**Data for the task:**
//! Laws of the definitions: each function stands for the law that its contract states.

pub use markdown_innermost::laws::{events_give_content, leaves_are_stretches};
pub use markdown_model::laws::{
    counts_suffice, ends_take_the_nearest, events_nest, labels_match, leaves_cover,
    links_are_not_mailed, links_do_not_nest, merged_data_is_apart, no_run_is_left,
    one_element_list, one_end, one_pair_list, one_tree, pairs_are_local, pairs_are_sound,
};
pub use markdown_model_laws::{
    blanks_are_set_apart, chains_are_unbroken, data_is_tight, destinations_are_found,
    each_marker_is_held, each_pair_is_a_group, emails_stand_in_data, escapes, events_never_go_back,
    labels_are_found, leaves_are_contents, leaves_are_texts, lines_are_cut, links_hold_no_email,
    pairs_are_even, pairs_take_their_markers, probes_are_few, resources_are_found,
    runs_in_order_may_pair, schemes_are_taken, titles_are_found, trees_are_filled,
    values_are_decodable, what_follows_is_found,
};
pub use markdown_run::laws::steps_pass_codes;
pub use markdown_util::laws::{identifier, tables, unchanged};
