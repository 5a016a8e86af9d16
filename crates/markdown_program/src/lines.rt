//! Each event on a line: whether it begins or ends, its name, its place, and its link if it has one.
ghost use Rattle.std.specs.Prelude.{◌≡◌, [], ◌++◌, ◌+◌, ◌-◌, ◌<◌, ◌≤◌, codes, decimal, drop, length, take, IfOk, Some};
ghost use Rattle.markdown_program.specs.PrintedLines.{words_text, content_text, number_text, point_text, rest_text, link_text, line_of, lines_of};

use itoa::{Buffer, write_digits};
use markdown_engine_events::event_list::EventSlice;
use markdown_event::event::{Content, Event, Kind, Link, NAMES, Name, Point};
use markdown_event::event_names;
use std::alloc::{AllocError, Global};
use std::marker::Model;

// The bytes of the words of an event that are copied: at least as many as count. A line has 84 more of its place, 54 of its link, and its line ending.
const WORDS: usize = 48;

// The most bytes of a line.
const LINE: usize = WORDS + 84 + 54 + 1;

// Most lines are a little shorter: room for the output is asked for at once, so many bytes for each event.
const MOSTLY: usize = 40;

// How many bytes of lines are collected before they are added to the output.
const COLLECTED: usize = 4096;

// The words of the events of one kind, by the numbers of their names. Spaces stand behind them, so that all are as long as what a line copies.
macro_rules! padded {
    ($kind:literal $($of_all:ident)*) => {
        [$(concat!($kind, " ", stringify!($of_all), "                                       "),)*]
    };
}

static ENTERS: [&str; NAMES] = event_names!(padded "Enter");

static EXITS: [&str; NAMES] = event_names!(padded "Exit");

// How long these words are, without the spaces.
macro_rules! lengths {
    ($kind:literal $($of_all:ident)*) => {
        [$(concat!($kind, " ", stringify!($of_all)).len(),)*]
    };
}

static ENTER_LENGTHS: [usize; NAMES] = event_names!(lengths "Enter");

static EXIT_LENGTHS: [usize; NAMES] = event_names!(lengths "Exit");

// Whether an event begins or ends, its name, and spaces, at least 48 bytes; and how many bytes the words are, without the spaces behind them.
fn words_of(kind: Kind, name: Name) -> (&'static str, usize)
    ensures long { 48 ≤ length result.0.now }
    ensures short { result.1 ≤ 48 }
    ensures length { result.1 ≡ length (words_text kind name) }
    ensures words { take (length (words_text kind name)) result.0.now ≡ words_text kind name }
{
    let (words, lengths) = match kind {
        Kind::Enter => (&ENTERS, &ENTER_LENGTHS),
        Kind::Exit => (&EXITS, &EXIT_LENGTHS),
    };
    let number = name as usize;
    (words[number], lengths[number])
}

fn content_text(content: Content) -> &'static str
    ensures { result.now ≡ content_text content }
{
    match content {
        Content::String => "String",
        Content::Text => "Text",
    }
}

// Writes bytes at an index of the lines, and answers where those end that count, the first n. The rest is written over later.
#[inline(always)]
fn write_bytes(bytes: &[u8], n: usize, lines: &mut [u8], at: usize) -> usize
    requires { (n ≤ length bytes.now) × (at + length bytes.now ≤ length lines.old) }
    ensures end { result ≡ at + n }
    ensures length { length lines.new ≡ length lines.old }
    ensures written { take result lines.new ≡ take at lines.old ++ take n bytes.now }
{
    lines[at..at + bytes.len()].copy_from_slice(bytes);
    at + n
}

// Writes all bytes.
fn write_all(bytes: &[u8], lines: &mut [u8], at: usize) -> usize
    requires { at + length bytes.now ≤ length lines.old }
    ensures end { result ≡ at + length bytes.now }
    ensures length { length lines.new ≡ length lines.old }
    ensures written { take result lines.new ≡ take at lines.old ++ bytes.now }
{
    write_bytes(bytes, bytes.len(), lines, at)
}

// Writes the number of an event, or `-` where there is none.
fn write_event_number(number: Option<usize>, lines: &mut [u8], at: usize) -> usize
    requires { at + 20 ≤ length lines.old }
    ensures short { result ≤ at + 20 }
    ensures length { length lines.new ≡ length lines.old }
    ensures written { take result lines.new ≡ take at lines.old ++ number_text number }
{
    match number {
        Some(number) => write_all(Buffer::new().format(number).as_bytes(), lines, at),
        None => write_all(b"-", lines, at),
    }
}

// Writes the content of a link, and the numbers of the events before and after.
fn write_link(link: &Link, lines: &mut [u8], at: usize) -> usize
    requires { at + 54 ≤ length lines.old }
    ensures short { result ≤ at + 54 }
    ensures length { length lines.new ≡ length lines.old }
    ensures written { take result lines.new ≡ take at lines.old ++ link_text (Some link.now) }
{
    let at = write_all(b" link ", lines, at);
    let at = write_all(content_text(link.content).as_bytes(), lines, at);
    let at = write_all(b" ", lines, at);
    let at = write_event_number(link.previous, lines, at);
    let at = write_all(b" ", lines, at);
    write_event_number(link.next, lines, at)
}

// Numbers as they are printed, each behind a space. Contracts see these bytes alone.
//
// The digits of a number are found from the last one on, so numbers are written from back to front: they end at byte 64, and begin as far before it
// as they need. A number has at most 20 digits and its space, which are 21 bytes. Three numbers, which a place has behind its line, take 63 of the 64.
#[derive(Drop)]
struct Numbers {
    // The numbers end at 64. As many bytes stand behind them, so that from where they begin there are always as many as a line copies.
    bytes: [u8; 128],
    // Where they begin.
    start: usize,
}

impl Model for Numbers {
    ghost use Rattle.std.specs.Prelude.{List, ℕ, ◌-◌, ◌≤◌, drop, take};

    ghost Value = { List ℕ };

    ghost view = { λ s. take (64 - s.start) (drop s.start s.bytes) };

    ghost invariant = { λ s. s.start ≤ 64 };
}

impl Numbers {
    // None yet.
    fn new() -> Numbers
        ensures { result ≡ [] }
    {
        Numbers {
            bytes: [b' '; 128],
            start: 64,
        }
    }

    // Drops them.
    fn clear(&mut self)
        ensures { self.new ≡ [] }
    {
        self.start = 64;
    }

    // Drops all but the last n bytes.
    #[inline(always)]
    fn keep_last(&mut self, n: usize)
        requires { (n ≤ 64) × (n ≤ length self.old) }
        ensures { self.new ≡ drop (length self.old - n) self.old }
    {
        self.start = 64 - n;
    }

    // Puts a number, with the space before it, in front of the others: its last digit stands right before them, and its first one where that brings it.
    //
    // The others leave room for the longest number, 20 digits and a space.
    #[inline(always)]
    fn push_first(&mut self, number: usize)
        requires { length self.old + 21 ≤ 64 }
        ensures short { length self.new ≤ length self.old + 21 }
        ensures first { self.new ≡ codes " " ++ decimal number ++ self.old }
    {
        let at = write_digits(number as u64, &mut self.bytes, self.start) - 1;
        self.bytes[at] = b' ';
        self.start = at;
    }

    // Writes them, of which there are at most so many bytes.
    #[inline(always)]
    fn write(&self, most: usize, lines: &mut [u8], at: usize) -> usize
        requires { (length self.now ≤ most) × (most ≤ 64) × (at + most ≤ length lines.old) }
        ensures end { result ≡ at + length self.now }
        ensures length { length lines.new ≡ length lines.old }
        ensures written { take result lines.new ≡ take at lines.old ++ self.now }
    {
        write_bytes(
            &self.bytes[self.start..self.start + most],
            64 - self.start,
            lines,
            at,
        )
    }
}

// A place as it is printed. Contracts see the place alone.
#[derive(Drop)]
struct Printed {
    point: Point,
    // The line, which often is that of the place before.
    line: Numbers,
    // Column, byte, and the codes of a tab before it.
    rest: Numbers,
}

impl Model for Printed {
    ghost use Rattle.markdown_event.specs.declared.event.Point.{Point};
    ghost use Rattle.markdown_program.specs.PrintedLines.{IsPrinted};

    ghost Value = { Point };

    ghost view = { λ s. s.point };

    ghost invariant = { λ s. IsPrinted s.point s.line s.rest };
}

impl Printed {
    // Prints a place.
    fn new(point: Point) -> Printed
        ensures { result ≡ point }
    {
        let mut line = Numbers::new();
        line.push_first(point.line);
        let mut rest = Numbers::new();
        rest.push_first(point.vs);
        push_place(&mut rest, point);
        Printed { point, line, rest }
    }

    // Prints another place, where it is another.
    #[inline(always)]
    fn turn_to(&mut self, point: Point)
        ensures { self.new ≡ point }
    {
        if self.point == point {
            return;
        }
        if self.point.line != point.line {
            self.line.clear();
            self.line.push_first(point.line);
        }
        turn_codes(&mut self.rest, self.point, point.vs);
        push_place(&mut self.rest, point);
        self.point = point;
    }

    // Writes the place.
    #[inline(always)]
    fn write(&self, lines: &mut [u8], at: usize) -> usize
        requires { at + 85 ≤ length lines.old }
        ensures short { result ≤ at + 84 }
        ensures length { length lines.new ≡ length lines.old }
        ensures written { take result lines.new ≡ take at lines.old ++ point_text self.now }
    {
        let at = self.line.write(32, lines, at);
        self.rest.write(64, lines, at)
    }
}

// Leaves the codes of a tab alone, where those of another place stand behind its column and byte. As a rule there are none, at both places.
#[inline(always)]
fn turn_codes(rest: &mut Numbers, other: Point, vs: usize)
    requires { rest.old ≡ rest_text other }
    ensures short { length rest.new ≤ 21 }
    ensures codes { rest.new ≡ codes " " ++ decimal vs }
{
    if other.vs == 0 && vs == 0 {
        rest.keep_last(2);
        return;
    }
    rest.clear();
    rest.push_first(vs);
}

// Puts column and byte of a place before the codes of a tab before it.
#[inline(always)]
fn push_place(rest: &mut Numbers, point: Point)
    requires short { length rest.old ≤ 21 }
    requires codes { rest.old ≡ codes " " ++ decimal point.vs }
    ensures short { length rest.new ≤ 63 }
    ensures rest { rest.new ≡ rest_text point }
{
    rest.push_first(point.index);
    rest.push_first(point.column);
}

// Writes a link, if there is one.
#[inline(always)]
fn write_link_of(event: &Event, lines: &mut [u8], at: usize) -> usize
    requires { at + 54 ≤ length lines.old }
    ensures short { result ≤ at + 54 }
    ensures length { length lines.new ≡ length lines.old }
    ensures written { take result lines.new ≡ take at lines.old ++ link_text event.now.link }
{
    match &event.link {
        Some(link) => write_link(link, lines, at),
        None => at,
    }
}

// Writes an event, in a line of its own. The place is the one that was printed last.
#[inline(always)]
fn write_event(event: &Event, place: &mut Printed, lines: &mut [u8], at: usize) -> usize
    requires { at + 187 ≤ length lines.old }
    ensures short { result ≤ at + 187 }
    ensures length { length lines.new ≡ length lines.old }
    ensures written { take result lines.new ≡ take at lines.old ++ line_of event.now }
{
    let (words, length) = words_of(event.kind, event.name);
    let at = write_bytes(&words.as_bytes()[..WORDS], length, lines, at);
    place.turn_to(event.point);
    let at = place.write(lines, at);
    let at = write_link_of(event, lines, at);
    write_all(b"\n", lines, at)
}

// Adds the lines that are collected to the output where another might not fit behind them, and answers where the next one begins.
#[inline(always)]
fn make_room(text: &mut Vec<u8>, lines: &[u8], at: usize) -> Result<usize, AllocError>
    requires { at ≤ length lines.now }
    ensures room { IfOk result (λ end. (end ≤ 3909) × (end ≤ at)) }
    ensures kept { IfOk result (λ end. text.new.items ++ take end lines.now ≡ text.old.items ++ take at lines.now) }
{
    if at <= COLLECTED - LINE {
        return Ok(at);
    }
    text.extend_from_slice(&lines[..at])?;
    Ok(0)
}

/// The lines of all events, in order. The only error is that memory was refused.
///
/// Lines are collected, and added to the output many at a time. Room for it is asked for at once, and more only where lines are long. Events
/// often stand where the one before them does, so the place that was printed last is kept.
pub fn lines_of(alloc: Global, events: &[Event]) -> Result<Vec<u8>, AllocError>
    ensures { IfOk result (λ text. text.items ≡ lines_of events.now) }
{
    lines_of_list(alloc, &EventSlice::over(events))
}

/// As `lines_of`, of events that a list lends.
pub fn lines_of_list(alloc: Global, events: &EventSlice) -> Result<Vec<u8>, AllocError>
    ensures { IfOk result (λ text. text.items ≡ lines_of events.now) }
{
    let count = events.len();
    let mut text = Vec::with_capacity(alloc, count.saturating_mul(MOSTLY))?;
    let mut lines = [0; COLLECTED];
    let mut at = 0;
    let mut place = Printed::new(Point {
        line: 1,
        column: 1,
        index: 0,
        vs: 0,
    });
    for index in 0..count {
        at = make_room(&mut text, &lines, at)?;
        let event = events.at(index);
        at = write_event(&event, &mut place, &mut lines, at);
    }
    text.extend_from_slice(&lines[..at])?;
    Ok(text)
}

**What you need to do:** Return only the stretch of the material above from the line holding "self.new ≡ point" through the line holding "Writes the place.", copied exactly.

**Task response:**
        ensures { self.new ≡ point }
    {
        if self.point == point {
            return;
        }
        if self.point.line != point.line {
            self.line.clear();
            self.line.push_first(point.line);
        }
        turn_codes(&mut self.rest, self.point, point.vs);
        push_place(&mut self.rest, point);
        self.point = point;
    }

    // Writes the place.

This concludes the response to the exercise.